[Items from a dataset]
────────

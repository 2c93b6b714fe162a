//! The sizes, alignments and offsets of all types of a table.

ghost use Rattle.std.specs.Prelude.{◌≡◌, ◌<◌, length, IfOk, IfErr, OnOk, IsTrue, None, slice_get};
ghost use Rattle.wit_model.specs.Size.{alignment_at};
ghost use Rattle.wit_model.specs.WellFormed.{IsWellFormed};
ghost use Rattle.wit_layout.specs.Sizes.{elem_size, alignment, payload_offset, field_offsets};
ghost use Rattle.wit_layout.specs.Told.{IsPairOf, ArePairsOf, IsAlignmentOf, is_alias};
ghost use Rattle.wit_layout.specs.Tree.{tree_at, tree_of};

use crate::fault::LayoutFault;
use crate::kind::extent_of;
use crate::type_layout::TypeLayout;
use std::alloc::Global;
use wit_model::{Alignment, ArchitectureSize, List, Resolve, TypeId, WitType};

/// The sizes, alignments and offsets of all types of a table, in bytes and pointers, after the Canonical ABI
/// (`elem_size`, `alignment`).
#[derive(Debug, Drop)]
pub struct SizeAlign {
    pub(crate) layouts: List<TypeLayout>,
}

impl SizeAlign {
    ghost use Rattle.std.specs.Prelude.{List, Some, true, false, []};
    ghost use Rattle.wit_model.specs.declared.types.TypeDef.{TypeDef};
    ghost use Rattle.wit_layout.specs.Filled.{IsFilledFor, IsLayoutFaultOf, first_too_large, has_size};

    /// The sizes of all types of tables that [`Resolve::check`] has passed.
    ///
    /// `TooLarge` comes exactly where a type has more than 2^31 - 1 bytes where pointers have 8, and names the first
    /// such type. The wider pointer decides for code with pointers of 4 bytes too: so no answer depends on the width, and
    /// code for both widths will change none. `OutOfMemory` comes where there is no memory for what is kept of each type.
    pub fn fill(alloc: Global, resolve: &Resolve) -> Result<SizeAlign, LayoutFault>
        requires { IsWellFormed resolve.now }
        ensures sizes { IfOk result (λ sizes. IsFilledFor sizes resolve.now.types) }
        ensures ok { OnOk result (first_too_large resolve.now.types ≡ None) }
        ensures err { IfErr result (IsLayoutFaultOf resolve.now.types) }
    {
        let mut layouts = List::new(alloc);
        for (i, entry) in resolve.types.as_slice().iter().enumerate() {
            match TypeLayout::of_kind(alloc, layouts.as_slice(), &entry.kind)? {
                Some(layout) => layouts.push(layout)?,
                None => return Err(LayoutFault::TooLarge(TypeId(i as u32))),
            }
        }
        Ok(SizeAlign { layouts })
    }

    /// Whether a type is a primitive or an entry of the table, so that it has a size here.
    #[tactic(auto, unfolding(wit_model::specs::TypeOrder::type_below))]
    pub fn has_size(&self, ty: &WitType) -> bool
        ensures { result ≡ has_size self.now ty.now }
    {
        match ty {
            WitType::Id(id) => (id.0 as usize) < self.layouts.len(),
            _ => true,
        }
    }

    /// The size of a type in bytes and pointers, which is right where pointers have 4 bytes and where they have 8.
    pub fn size(&self, ty: &WitType) -> ArchitectureSize
        requires { IsTrue (has_size self.now ty.now) }
        ensures { (types : List TypeDef) → IsFilledFor self.now types
            → IsPairOf result (λ w. elem_size w (tree_of types ty.now)) }
    {
        extent_of(self.layouts.as_slice(), *ty).size
    }

    /// The alignment of a type, which is right where pointers have 4 bytes and where they have 8.
    pub fn align(&self, ty: &WitType) -> Alignment
        requires { IsTrue (has_size self.now ty.now) }
        ensures { (types : List TypeDef) → IsFilledFor self.now types
            → IsAlignmentOf result (λ w. alignment w (tree_of types ty.now)) }
    {
        extent_of(self.layouts.as_slice(), *ty).grain.alignment()
    }

    #[tactic(auto, unfolding(wit_model::specs::TypeOrder::type_below))]
    fn layout(&self, id: TypeId) -> &TypeLayout
        requires { IsTrue (has_size self.now (WitType.Id id)) }
        ensures { slice_get self.now.layouts id.0 ≡ Some result.now }
    {
        &self.layouts.as_slice()[id.0 as usize]
    }

    /// How many bytes and pointers stand before the payload in a variant, an option or a result. For an enum, which has no
    /// payload, it is the size of its discriminant, and for each other kind nothing. That is so for an alias too: the type
    /// behind it, which [`wit_model::dealias`] gives, is to be asked.
    pub fn payload_offset(&self, id: TypeId) -> ArchitectureSize
        requires { IsTrue (has_size self.now (WitType.Id id)) }
        ensures own { (types : List TypeDef) (entry : TypeDef) → IsFilledFor self.now types
            → slice_get types id.0 ≡ Some entry → is_alias entry.kind ≡ false
            → IsPairOf result (λ w. payload_offset w (tree_at types id.0)) }
        ensures alias { (types : List TypeDef) (entry : TypeDef) → IsFilledFor self.now types
            → slice_get types id.0 ≡ Some entry → is_alias entry.kind ≡ true
            → IsPairOf result (λ w. 0) }
    {
        self.layout(id).payload
    }

    /// How many bytes and pointers stand before each field in a record or a tuple, and before the key and the value in an
    /// entry of a map. For each other kind the list is empty, for an alias too: the type behind it, which
    /// [`wit_model::dealias`] gives, is to be asked.
    pub fn field_offsets_of(&self, id: TypeId) -> &[ArchitectureSize]
        requires { IsTrue (has_size self.now (WitType.Id id)) }
        ensures own { (types : List TypeDef) (entry : TypeDef) → IsFilledFor self.now types
            → slice_get types id.0 ≡ Some entry → is_alias entry.kind ≡ false
            → ArePairsOf result.now (λ w. field_offsets w (tree_at types id.0)) }
        ensures alias { (types : List TypeDef) (entry : TypeDef) → IsFilledFor self.now types
            → slice_get types id.0 ≡ Some entry → is_alias entry.kind ≡ true
            → ArePairsOf result.now (λ w. []) }
    {
        self.layout(id).offsets.as_slice()
    }
}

────────

*Task to complete*.
Quote the data above verbatim from its first line to the line that includes "use crate::kind::extent_of;", with both boundary lines retained.

*Answer space*.
repository 2c93b6b714fe162a
//! The sizes, alignments and offsets of all types of a table.

ghost use Rattle.std.specs.Prelude.{◌≡◌, ◌<◌, length, IfOk, IfErr, OnOk, IsTrue, None, slice_get};
ghost use Rattle.wit_model.specs.Size.{alignment_at};
ghost use Rattle.wit_model.specs.WellFormed.{IsWellFormed};
ghost use Rattle.wit_layout.specs.Sizes.{elem_size, alignment, payload_offset, field_offsets};
ghost use Rattle.wit_layout.specs.Told.{IsPairOf, ArePairsOf, IsAlignmentOf, is_alias};
ghost use Rattle.wit_layout.specs.Tree.{tree_at, tree_of};

use crate::fault::LayoutFault;
use crate::kind::extent_of;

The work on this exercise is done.